If you perform a quick Google search with the words “best education system in the world,” chances are that most of your search results will have something to say about Finland.  For over a decade now, Finland has been lauded as an innovative, cutting-edge country model for education. While it hasn’t always been in the number one spot on a year to year basis, it definitely ranks near the top every time.

Finland has earned its reputation because its students consistently perform well on the PISA (Program for International Student Assessment) test and its schools boast graduation rates higher than the average in the United States and elsewhere.

This begs the question: what are the secrets to the little Nordic nation’s outsized success?

A student-centered approach

One badge of honor for Finland is that its students generally report less school-related stress than their international counterparts.  One explanation for this achievement is that Finnish students receive less than three hours of homework per week.  For comparison’s sake, American high school students average about seven hours of homework per week according to the OECD. In fact, the OECD asserts that Finland schools assign the least amount of homework in the world.

Finnish students also spend less time per day in the classroom, though their instructional calendar stretches to 190 days instead of the USA’s average of 180 days.  This fosters the belief that students need time and space in order to work on hobbies, sports, and activities outside of school.

Additionally, Finland schools have made a commitment to prioritizing the basic needs of school aged children.  School meals are provided daily for all students regardless of age or income level.  Also, schools make health care, mental health, and counseling part of their curriculum.

Curriculum requirements

The Finnish curriculum bears some additional notice.  Finnish state authorities created the National Core Curriculum (NCC), which provides broad guidelines for schools to follow.  The NCC establishes the basic subjects taught, sets the expectation that schools are learning communities that support the whole child, and requires that schools engage in at least one cross-curricular project per school year.

Schools then have the autonomy to create, plan, and implement curriculum that satisfies the NCC guidelines.  As a result, one Finnish school may or may not resemble another just up the street in terms of curriculum.  This is because teachers and administrators have the independence at the building level to determine what their students need and make decisions with that in mind.

College and career readiness preparation

Another interesting aspect of Finnish education is the fact that students complete their compulsory schooling after 9th grade.  Upper secondary school is optional, though 90% of Finnish students elect to start it right away.
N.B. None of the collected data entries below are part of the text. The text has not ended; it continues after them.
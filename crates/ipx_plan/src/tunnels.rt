//! What becomes of tunnels and of their clients.
ghost use Rattle.std.specs.Prelude.{◌≡◌};
ghost use Rattle.ipx_plan.specs.Tunnels.{same_node, is_found, is_same_tunnel, tunnel, ends_tunnel, has_other_clients, has_other_sockets};

use crate::likeness::{is_tunnel, same_link, tunnel_port};
use crate::link::Link;
use crate::origin::Tunnel;
use ipx_wire::Node;

pub(crate) fn same_node(a: Option<Node>, b: Option<Node>) -> bool
    ensures { result ≡ same_node a b }
{
    match (a, b) {
        (Some(a), Some(b)) => a == b,
        (None, None) => true,
        (Some(_), None) | (None, Some(_)) => false,
    }
}

/// Whether the clients of the one find the other where it was.
fn is_found(a: Link, b: Link) -> bool
    ensures { result ≡ is_found a b }
{
    let port = tunnel_port(a.carrier);
    is_tunnel(a.carrier)
        && is_tunnel(b.carrier)
        && port == tunnel_port(b.carrier)
        && (port != 0 || same_link(a, b))
}

/// Whether a tunnel stays as it is.
fn is_same_tunnel(keeps_router: bool, a: Link, b: Link) -> bool
    ensures { result ≡ is_same_tunnel keeps_router a b }
{
    same_link(a, b) && a.clients == b.clients && (keeps_router || same_node(a.node, b.node))
}

/// The tunnel of a new link, by what the link continues.
pub(crate) fn tunnel(keeps_router: bool, before: Option<Link>, link: Link) -> Tunnel
    ensures { result ≡ tunnel keeps_router before link }
{
    if !is_tunnel(link.carrier) {
        return Tunnel::Absent;
    }
    match before {
        Some(before) if is_found(before, link) => {
            if is_same_tunnel(keeps_router, before, link) {
                Tunnel::Stays
            } else {
                Tunnel::Again
            }
        }
        _ => Tunnel::New,
    }
}

/// Whether the tunnel of an old link ends, by what continues the link.
pub(crate) fn ends_tunnel(link: Link, after: Option<Link>) -> bool
    ensures { result ≡ ends_tunnel link after }
{
    match after {
        Some(after) => is_tunnel(link.carrier) && !is_found(link, after),
        None => is_tunnel(link.carrier),
    }
}

/// Whether the rules for clients are others than before.
pub(crate) fn has_other_clients(before: Option<Link>, link: Link) -> bool
    ensures { result ≡ has_other_clients before link }
{
    match before {
        Some(before) => {
            is_tunnel(before.carrier) == is_tunnel(link.carrier) && before.clients != link.clients
        }
        None => false,
    }
}

pub(crate) fn has_other_sockets(before: Option<Link>, link: Link) -> bool
    ensures { result ≡ has_other_sockets before link }
{
    match before {
        Some(before) => before.sockets != link.sockets,
        None => false,
    }
}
The remaining 10% can return to their education at any time free of charge.  

Upper secondary is divided into two tracks: general–for those students who are considering college in the future–and vocational–for those students interested in gaining valuable job skills.  Finnish students can change tracks at any time without social stigma, and the philosophy is that students are using school to discover the educational path that best suits their needs and talents.
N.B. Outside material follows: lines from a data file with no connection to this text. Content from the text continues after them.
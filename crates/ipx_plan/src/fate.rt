//! What becomes of a link of the old configuration.

/// What becomes of a link of the old configuration.
///
/// See the example of [`Plan`](crate::Plan).
#[derive(Clone, Copy, Debug, Default, PartialEq, Eq)]
pub struct Fate {
    /// The number of the new link that continues it; `None` if it is removed.
    pub becomes: Option<usize>,
    /// Whether its cable is closed; said of the first of the links that share it.
    pub is_closed: bool,
    /// Whether it is a tunnel that ends: its clients wouldn't find it again.
    pub ends_tunnel: bool,
}
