//! The plan.
ghost use Rattle.std.specs.Prelude.{◌≡◌, ◌≤◌, length, map, None};
ghost use Rattle.std.specs.List.{enumerate_from};
ghost use Rattle.ipx_plan.specs.Pairing.{IsPairing, becomes};
ghost use Rattle.ipx_plan.specs.Planned.{Planned, IsPlan, link_of, origin, origins, fate, fates};
ghost use Rattle.ipx_plan.specs.Routing.{keeps_router as router_stays};

use crate::cables::{cable, is_as_before, is_closed};
use crate::fate::Fate;
use crate::link::Link;
use crate::origin::{Cable, Origin};
use crate::pairing::{becomes, pairing};
use crate::routing::keeps_router;
use crate::tunnels::{ends_tunnel, has_other_clients, has_other_sockets, tunnel};
use arrayvec::ArrayVec;
use std::marker::Model;

/// What is to be done so that a gateway with one configuration has another, each of at most `N` links.
///
/// ```
/// let tunnel = Link {
///     network: Network(0x10),
///     carrier: Carrier::Tunnel {
///         port: 2130,
///         address: 1,
///     },
///     is_first: true,
///     ..Link::default()
/// };
/// let everywhere = Link {
///     carrier: Carrier::Tunnel {
///         port: 2130,
///         address: 2,
///     },
///     ..tunnel
/// };
/// let card = Link {
///     network: Network(0x20),
///     carrier: Carrier::Card(1),
///     is_first: true,
///     ..Link::default()
/// };
/// let renumbered = Link {
///     network: Network(0x30),
///     ..card
/// };
/// let plan = Plan::<64>::new(&[tunnel, card], &[everywhere, renumbered]);
/// for origin in plan.origins() {
///     match origin.was {
///         Some(number) => println!(rt; "this link continues old link {number}")?,
///         None => println!(rt; "this link is added")?,
///     }
///     if let Tunnel::Again = origin.tunnel {
///         println!(rt; "its clients are let in again")?;
///     }
/// }
/// for fate in plan.fates() {
///     println!(rt; "its cable is closed: {}", fate.is_closed)?;
/// }
/// println!(rt; "the router stays: {}", plan.keeps_router())?;
/// // prints this link continues old link 0
/// // prints its clients are let in again
/// // prints this link is added
/// // prints its cable is closed: true
/// // prints its cable is closed: true
/// // prints the router stays: false
/// ```
#[derive(Debug, Drop)]
pub struct Plan<const N: usize> {
    origins: ArrayVec<Origin, N>,
    fates: ArrayVec<Fate, N>,
    keeps_router: bool,
}

impl<const N: usize> Model for Plan<N> {
    ghost use Rattle.ipx_plan.specs.Planned.{Planned};

    ghost Value = { Planned };

    ghost view = { λ p. record { origins = p.origins.items; fates = p.fates.items; keeps_router = p.keeps_router } };
}

impl<const N: usize> Plan<N> {
    /// The plan for the links of two configurations.
    pub fn new(old: &[Link], new: &[Link]) -> Plan<N>
        requires old { length old.now ≤ N }
        requires new { length new.now ≤ N }
        ensures { IsPlan old.now new.now result }
    {
        let was = pairing::<N>(old, new);
        let keeps_router = keeps_router(old, new);
        let origins = origins(old, new, &was, keeps_router);
        let fates = fates(old, new, &was, &cables::<N>(&origins));
        Plan {
            origins,
            fates,
            keeps_router,
        }
    }

    /// For each link of the new configuration what it is made from.
    pub fn origins(&self) -> &[Origin]
        ensures { result.now ≡ self.now.origins }
    {
        &self.origins
    }

    /// For each link of the old configuration what becomes of it.
    pub fn fates(&self) -> &[Fate]
        ensures { result.now ≡ self.now.fates }
    {
        &self.fates
    }

    /// Whether the router stays as it is.
    pub fn keeps_router(&self) -> bool
        ensures { result ≡ self.now.keeps_router }
    {
        self.keeps_router
    }
}

/// What all new links are made from.
fn origins<const N: usize>(
    old: &[Link],
    new: &[Link],
    was: &[Option<usize>],
    keeps_router: bool,
) -> ArrayVec<Origin, N>
    requires room { length new.now ≤ N }
    requires count { length was.now ≡ length new.now }
    requires router { keeps_router ≡ router_stays old.now new.now }
    ensures { result.items ≡ origins old.now new.now was.now }
{
    let mut origins = ArrayVec::new();
    for k in 0..new.len() {
        origins.push(origin(old, new, was[k], keeps_router, k, new[k]));
    }
    origins
}

/// What new link k is made from.
fn origin(
    old: &[Link],
    new: &[Link],
    was: Option<usize>,
    keeps_router: bool,
    k: usize,
    link: Link,
) -> Origin
    requires { keeps_router ≡ router_stays old.now new.now }
    ensures { result ≡ origin old.now new.now was k link }
{
    let before = link_of(old, was);
    let is_as_before = is_as_before(before, link);
    Origin {
        was,
        is_as_before,
        cable: cable(old, new, was, is_as_before, k, link),
        tunnel: tunnel(keeps_router, before, link),
        has_other_clients: has_other_clients(before, link),
        has_other_sockets: has_other_sockets(before, link),
    }
}

/// The link of that number, if there is one.
fn link_of(links: &[Link], number: Option<usize>) -> Option<Link>
    ensures { result ≡ link_of links.now number }
{
    match number {
        Some(number) => links.get(number).copied(),
        None => None,
    }
}

fn cables<const N: usize>(origins: &[Origin]) -> ArrayVec<Cable, N>
    requires { length origins.now ≤ N }
    ensures { result.items ≡ map (λ o. o.cable) origins.now }
{
    let mut cables = ArrayVec::new();
    for origin in origins {
        cables.push(origin.cable);
    }
    cables
}

/// What becomes of all old links.
fn fates<const N: usize>(
    old: &[Link],
    new: &[Link],
    was: &[Option<usize>],
    cables: &[Cable],
) -> ArrayVec<Fate, N>
    requires { length old.now ≤ N }
    ensures { result.items ≡ map (λ p. fate old.now new.now cables.now (becomes was.now p.0) p.0 p.1) (enumerate_from 0 old.now) }
{
    let mut fates = ArrayVec::new();
    for j in 0..old.len() {
        fates.push(fate(old, new, becomes(was, j), cables, j, old[j]));
    }
    fates
}

/// What becomes of old link j.
fn fate(
    old: &[Link],
    new: &[Link],
    becomes: Option<usize>,
    cables: &[Cable],
    j: usize,
    link: Link,
) -> Fate
    ensures { result ≡ fate old.now new.now cables.now becomes j link }
{
    Fate {
        becomes,
        is_closed: is_closed(old, cables, j, link),
        ends_tunnel: ends_tunnel(link, link_of(new, becomes)),
    }
}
Teacher qualifications and professional development

Finally, Finland has received a lot of press because every single one of its teachers is required to obtain a master’s degree in education before beginning their careers, and the master’s programs are the most selective in the country.  This means that Finnish teachers are held to rigorous standards even before they obtain their teaching licenses. 

However, Finnish teachers do not stop their professional development once they graduate.  Instead, they are encouraged to seek ongoing professional development opportunities offered for free through local universities.  They are also expected to collaborate, plan, and even co-teach with their colleagues who may have different teaching strengths.

Ideas the United States might borrow

The United States has been busy making its own educational reforms in the last decade too. While I do not advocate for the US to immediately adopt the Finnish school system and philosophy, there are some important lessons that we can implement to improve the education of our own students.

Lessen stress

For instance, one idea we could take from Finland in order to help our students would be to reduce student stress through less assigned homework, shorter school days, or fewer classes.  Any one of these options has the power to minimize the amount of school-related stress our students feel.

Continue to focus on the whole child

Another idea for policy makers might be to look for ways to continue to support the needs of the whole child. The USDA’s announcement in April that it will continue offering free school lunches through June 2022 is an important step.  Other considerations might include implementing more robust health and mental health services or creating partnerships with local health offices to improve students’ ease of access.

Make cross-curricular connections

A third idea borrowed from Finland might include a conscientious effort to emphasize the interdisciplinary connections between subject areas.  This way, students have a better understanding that the material they learn in history class is not a silo, but that it has relevance to what they are learning in ELA, science, and beyond.  

This could have a profound effect on student buy-in to the content matter because they see its relevance in other places in their lives. These partnerships may also serve to build a stronger learning community among teachers, thereby improving the culture and climate of the school itself.

Encourage multiple future pathways

Yet another thought to consider borrowing from Finland might be to destigmatize non-college career and vocational tracks.  Finnish students do not feel any social pressure to attend college nor shame if they decide not to do so.  Many US students could benefit from this same cultural position on vocational tracks, and this in turn may also serve to reduce the stress felt among many American students. 

Continuing professional development

Finally, something that the US and Finland both share is a commitment to encourage teachers to seek out ongoing professional development to continue improving and honing their craft.  One consideration in this respect might be to work more closely in partnership with local schools, districts, and universities to reduce the costs of these trainings so that US teachers do not feel financial strain as they work to better their professional practices. 

Moving forward

Harry Wong, author of The First Days of School, says that “effective teachers beg, borrow, and steal” in order to improve their classroom practices.  I think the same holds true for education reform as a whole.  

America is a great cultural melting pot, consistently borrowing elements from other cultures to make it our own.  As we think about educational reform, we should approach it with the same melting pot mentality, begging, borrowing, and stealing those elements of other countries’ educational systems in order to make one that best serves our students.

Whatever direction American education decides to take next, it should at least acknowledge the lessons learned from Finland’s success.